▶ Exercise details
Below is a listing. Copy each line of it that holds the word "body".

━━ Dataset

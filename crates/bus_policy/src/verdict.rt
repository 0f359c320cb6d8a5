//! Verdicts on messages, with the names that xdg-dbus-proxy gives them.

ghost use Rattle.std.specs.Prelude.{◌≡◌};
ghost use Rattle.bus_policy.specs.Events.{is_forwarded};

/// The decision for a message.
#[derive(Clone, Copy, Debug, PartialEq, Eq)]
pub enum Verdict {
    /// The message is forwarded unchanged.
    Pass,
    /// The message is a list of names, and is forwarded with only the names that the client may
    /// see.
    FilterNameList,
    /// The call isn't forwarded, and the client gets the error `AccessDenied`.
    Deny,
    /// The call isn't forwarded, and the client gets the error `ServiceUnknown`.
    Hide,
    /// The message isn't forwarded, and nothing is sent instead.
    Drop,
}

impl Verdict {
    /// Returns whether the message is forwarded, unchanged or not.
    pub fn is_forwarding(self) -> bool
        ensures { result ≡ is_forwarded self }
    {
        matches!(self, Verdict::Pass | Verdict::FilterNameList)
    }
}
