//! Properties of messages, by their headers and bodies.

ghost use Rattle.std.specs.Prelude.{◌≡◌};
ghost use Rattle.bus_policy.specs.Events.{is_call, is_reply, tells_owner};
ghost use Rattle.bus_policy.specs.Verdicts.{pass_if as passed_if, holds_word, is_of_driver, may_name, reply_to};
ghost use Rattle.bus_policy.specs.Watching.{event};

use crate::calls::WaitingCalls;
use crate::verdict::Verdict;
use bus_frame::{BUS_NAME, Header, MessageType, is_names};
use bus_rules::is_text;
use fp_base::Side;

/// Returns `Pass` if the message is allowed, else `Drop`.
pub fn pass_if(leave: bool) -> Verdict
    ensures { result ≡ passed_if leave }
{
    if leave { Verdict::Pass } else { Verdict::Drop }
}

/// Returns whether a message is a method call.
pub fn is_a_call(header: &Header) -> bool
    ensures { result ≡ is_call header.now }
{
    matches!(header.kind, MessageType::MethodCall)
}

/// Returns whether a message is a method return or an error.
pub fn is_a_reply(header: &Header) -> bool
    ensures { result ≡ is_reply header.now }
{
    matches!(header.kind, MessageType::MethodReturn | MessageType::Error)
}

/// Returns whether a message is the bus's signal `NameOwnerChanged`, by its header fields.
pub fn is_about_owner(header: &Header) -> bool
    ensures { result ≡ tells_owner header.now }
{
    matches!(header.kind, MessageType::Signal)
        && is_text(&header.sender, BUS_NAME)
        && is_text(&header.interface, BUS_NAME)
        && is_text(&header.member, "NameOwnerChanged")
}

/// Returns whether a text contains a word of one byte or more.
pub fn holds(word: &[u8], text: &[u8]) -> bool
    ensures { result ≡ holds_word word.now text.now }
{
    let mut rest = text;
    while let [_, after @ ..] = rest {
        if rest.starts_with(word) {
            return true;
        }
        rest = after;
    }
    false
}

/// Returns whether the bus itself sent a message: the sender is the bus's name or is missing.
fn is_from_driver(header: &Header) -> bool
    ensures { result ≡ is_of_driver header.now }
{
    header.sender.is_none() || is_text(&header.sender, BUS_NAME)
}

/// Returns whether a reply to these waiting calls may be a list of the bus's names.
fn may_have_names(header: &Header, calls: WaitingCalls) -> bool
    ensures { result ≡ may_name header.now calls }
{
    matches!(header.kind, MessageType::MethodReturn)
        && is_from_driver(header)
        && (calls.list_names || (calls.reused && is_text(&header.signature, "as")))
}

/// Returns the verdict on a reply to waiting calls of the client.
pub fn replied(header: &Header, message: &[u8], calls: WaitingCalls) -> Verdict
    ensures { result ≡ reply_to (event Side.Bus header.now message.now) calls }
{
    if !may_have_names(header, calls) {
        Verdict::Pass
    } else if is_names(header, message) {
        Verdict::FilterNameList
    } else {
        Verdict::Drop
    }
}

━━━━
━━ Dataset

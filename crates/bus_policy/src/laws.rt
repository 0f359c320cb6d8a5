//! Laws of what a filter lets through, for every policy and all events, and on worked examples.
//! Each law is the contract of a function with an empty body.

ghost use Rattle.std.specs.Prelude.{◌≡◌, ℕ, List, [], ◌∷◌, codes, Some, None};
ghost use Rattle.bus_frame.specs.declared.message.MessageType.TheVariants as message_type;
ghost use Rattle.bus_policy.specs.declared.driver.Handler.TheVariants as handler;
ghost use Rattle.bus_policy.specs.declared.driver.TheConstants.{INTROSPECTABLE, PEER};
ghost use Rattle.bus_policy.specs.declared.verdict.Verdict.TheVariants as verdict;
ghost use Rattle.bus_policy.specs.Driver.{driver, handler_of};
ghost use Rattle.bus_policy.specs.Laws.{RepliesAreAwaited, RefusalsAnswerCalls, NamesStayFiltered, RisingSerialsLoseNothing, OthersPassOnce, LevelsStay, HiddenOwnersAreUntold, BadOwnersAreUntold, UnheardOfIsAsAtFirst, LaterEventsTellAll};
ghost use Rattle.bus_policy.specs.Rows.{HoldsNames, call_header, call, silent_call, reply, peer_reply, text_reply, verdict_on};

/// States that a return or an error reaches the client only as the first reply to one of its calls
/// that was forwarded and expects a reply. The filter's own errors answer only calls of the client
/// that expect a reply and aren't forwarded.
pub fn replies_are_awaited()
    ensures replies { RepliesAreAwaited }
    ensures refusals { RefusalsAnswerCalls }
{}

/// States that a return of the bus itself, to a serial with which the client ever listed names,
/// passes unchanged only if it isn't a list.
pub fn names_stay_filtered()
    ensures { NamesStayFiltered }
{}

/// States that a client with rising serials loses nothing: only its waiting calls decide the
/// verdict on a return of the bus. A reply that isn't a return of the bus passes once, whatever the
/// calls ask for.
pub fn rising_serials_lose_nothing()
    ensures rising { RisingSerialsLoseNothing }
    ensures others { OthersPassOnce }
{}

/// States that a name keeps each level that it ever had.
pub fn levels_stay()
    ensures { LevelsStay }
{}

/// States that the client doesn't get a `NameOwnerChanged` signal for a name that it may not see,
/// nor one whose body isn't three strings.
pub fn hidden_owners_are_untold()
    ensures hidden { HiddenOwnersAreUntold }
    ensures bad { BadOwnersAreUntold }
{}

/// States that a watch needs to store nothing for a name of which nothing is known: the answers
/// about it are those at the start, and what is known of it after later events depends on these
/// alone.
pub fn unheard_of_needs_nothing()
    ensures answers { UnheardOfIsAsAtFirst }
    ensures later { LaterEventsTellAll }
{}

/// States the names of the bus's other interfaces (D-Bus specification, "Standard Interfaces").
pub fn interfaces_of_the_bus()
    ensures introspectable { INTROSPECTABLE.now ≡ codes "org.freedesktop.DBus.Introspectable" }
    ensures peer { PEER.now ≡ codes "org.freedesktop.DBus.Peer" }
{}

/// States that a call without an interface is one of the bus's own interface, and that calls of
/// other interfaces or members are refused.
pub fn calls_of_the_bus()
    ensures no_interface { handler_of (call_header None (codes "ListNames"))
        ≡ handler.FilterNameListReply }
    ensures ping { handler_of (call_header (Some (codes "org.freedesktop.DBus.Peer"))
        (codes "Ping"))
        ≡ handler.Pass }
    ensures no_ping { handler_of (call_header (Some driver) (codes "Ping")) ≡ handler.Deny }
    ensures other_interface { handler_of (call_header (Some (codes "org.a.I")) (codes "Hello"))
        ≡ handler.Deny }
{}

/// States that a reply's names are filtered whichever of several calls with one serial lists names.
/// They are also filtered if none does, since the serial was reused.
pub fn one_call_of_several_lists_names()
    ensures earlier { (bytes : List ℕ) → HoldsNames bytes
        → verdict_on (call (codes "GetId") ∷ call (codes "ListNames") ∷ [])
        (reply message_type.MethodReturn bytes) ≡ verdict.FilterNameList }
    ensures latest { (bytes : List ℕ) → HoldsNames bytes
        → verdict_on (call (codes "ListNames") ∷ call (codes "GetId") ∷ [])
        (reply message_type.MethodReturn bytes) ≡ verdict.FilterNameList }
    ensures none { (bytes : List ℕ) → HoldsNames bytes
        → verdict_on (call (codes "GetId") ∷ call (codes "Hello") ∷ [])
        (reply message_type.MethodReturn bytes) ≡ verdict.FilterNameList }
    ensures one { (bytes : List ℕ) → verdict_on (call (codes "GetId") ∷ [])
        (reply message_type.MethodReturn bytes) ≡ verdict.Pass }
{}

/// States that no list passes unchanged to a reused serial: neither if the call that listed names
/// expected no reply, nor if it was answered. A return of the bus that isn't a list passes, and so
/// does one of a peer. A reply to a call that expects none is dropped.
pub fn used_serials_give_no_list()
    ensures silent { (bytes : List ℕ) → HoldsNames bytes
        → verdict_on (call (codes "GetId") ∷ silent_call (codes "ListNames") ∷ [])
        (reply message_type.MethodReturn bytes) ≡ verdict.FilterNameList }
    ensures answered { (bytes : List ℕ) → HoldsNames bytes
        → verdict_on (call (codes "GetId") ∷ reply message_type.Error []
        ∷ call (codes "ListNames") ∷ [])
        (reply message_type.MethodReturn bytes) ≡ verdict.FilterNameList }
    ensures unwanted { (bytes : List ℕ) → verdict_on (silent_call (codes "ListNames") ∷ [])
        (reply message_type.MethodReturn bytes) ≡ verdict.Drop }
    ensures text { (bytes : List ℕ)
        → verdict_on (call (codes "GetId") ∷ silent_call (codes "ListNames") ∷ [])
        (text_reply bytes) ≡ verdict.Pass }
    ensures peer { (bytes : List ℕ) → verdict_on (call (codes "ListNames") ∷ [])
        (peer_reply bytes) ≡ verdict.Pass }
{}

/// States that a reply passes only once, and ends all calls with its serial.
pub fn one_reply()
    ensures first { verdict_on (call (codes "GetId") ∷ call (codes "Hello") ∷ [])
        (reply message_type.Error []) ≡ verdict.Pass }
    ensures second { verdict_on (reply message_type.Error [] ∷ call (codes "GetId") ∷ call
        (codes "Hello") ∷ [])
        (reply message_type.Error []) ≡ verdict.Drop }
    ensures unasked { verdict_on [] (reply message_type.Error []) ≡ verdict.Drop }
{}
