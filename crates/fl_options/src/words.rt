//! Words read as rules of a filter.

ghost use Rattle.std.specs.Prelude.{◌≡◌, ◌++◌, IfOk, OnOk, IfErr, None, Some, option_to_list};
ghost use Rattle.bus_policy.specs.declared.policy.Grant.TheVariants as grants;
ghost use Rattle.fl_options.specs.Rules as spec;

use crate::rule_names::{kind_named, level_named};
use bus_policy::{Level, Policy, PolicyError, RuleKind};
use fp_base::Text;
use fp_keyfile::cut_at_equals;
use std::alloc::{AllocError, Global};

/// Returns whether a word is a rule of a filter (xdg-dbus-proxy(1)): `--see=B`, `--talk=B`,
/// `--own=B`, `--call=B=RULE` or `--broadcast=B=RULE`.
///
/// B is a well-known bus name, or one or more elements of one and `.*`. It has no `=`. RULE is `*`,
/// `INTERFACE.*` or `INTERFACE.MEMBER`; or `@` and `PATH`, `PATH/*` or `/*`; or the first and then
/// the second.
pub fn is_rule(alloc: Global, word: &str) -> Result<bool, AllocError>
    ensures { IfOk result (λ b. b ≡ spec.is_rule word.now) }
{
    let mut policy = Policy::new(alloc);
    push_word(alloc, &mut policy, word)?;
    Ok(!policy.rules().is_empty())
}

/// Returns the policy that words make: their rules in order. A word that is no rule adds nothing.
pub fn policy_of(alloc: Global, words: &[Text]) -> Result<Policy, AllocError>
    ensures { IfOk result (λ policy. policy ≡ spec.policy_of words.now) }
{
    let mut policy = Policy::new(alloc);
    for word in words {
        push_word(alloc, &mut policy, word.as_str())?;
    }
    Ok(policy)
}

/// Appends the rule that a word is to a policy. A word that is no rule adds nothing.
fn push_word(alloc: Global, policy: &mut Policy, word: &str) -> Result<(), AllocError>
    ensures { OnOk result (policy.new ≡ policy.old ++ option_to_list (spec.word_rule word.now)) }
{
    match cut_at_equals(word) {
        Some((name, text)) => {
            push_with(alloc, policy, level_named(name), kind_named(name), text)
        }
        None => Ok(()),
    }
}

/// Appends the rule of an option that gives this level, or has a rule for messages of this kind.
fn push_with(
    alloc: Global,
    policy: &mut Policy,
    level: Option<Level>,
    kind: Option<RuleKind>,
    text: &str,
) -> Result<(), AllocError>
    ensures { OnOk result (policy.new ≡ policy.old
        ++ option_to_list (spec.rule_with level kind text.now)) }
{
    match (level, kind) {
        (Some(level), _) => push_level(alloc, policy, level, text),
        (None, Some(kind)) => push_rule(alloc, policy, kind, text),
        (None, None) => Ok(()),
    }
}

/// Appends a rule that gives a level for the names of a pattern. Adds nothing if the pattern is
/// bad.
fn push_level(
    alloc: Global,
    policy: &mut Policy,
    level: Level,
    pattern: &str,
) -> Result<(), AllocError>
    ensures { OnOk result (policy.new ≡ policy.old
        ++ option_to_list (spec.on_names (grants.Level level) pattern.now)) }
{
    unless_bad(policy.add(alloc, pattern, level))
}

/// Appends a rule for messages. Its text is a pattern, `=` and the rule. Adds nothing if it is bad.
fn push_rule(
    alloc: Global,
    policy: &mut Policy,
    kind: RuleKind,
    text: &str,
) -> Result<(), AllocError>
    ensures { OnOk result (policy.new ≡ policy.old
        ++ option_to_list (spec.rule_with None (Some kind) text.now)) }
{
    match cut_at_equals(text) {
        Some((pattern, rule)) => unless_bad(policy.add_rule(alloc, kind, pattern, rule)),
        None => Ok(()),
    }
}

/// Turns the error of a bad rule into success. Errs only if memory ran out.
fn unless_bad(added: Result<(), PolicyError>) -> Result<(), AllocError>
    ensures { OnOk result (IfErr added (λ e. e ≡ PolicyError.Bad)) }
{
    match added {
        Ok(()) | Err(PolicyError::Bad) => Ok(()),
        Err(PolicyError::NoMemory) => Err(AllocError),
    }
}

━━━━
━━ Dataset

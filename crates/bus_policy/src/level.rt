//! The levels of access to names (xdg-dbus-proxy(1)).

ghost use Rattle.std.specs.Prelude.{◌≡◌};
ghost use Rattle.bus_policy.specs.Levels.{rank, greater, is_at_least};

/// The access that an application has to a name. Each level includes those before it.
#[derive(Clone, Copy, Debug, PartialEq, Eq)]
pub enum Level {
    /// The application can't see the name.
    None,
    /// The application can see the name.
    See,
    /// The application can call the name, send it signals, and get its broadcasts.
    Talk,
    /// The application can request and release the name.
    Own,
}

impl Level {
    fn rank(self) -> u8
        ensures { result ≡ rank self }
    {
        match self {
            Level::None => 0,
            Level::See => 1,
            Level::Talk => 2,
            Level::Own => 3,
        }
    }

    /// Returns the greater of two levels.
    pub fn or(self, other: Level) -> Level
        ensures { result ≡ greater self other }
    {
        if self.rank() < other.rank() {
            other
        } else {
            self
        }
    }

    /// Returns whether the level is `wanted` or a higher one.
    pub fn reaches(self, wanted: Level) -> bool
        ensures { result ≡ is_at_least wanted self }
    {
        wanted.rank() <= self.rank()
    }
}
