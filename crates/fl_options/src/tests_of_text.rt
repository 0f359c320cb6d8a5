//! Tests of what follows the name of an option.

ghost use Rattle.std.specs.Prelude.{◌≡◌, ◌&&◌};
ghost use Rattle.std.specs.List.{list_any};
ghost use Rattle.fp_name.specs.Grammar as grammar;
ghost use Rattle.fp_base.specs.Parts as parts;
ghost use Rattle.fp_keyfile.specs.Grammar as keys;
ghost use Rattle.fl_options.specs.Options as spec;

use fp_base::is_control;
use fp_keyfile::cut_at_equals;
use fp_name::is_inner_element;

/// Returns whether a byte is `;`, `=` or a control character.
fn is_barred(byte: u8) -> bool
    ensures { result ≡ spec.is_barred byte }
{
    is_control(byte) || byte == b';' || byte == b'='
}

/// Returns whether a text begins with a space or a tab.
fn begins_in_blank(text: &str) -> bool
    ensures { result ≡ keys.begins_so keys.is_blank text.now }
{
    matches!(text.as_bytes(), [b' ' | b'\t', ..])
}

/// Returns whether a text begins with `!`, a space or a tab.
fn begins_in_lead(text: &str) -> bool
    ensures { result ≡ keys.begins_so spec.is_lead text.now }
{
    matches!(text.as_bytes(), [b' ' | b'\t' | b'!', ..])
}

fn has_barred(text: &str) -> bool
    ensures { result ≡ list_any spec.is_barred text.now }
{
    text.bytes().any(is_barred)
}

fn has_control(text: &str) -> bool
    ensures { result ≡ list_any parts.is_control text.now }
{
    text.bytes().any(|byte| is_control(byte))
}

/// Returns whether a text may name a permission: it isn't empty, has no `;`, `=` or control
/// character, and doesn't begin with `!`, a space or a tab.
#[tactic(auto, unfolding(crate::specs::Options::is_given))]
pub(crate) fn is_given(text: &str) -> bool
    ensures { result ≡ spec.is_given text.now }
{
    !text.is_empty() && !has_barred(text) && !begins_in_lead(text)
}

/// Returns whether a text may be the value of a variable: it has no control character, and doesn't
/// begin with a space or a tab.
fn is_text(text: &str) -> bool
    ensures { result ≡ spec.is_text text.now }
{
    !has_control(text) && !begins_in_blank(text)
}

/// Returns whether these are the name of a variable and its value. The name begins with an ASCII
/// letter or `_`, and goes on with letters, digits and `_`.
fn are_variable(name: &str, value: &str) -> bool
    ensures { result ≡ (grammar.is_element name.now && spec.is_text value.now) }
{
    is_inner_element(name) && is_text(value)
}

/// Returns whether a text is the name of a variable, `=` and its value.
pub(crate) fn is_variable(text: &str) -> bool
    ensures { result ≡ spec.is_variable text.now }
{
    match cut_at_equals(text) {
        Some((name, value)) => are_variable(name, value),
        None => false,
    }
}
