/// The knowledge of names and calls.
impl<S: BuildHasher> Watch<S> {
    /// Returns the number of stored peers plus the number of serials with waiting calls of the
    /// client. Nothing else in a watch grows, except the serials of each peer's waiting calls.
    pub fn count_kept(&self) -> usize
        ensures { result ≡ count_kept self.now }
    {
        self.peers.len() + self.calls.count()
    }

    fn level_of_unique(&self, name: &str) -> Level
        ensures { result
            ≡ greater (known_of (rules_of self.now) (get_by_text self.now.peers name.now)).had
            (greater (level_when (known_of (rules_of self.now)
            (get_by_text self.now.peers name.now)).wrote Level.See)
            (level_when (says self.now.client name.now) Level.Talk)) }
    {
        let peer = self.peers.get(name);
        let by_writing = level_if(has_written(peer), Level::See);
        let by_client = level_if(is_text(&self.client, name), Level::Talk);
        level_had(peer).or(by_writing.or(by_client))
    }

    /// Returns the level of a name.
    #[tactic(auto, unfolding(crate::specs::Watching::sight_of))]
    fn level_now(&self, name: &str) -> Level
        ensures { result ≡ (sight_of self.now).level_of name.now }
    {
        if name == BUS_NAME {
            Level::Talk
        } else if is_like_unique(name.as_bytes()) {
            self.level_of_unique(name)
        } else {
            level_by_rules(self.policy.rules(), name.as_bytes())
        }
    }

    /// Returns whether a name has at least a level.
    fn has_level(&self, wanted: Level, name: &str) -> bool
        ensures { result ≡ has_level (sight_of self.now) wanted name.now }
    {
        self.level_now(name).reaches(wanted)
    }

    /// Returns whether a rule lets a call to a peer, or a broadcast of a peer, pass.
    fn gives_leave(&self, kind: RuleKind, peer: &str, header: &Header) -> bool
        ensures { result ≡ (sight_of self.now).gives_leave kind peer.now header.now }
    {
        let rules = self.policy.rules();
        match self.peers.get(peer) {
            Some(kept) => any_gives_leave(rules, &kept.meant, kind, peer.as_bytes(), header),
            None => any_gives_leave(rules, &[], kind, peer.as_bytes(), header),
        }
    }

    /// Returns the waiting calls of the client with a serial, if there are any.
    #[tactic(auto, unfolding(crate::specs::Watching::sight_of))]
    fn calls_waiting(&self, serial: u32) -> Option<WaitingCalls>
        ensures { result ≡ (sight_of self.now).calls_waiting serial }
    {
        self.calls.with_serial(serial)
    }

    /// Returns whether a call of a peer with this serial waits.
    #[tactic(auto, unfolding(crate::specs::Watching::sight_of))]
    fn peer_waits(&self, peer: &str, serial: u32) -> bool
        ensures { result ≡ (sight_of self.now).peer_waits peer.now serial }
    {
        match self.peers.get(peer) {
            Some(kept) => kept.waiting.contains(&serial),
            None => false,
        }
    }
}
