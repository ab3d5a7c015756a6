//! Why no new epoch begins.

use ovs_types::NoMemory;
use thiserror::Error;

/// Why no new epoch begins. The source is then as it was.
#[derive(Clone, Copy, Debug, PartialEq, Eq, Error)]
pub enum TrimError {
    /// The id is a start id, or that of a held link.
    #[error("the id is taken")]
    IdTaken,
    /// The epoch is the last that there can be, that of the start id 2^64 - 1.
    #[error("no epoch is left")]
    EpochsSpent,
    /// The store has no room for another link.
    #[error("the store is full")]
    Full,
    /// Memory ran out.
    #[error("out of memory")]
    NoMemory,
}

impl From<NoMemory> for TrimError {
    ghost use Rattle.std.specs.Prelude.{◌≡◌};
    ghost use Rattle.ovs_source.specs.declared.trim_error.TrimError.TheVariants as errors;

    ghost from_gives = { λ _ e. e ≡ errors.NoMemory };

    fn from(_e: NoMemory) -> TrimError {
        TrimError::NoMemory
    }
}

━━━━

▶ Expected answer
//! Each law is the contract of a function with an empty body.
/// nor one whose body isn't three strings.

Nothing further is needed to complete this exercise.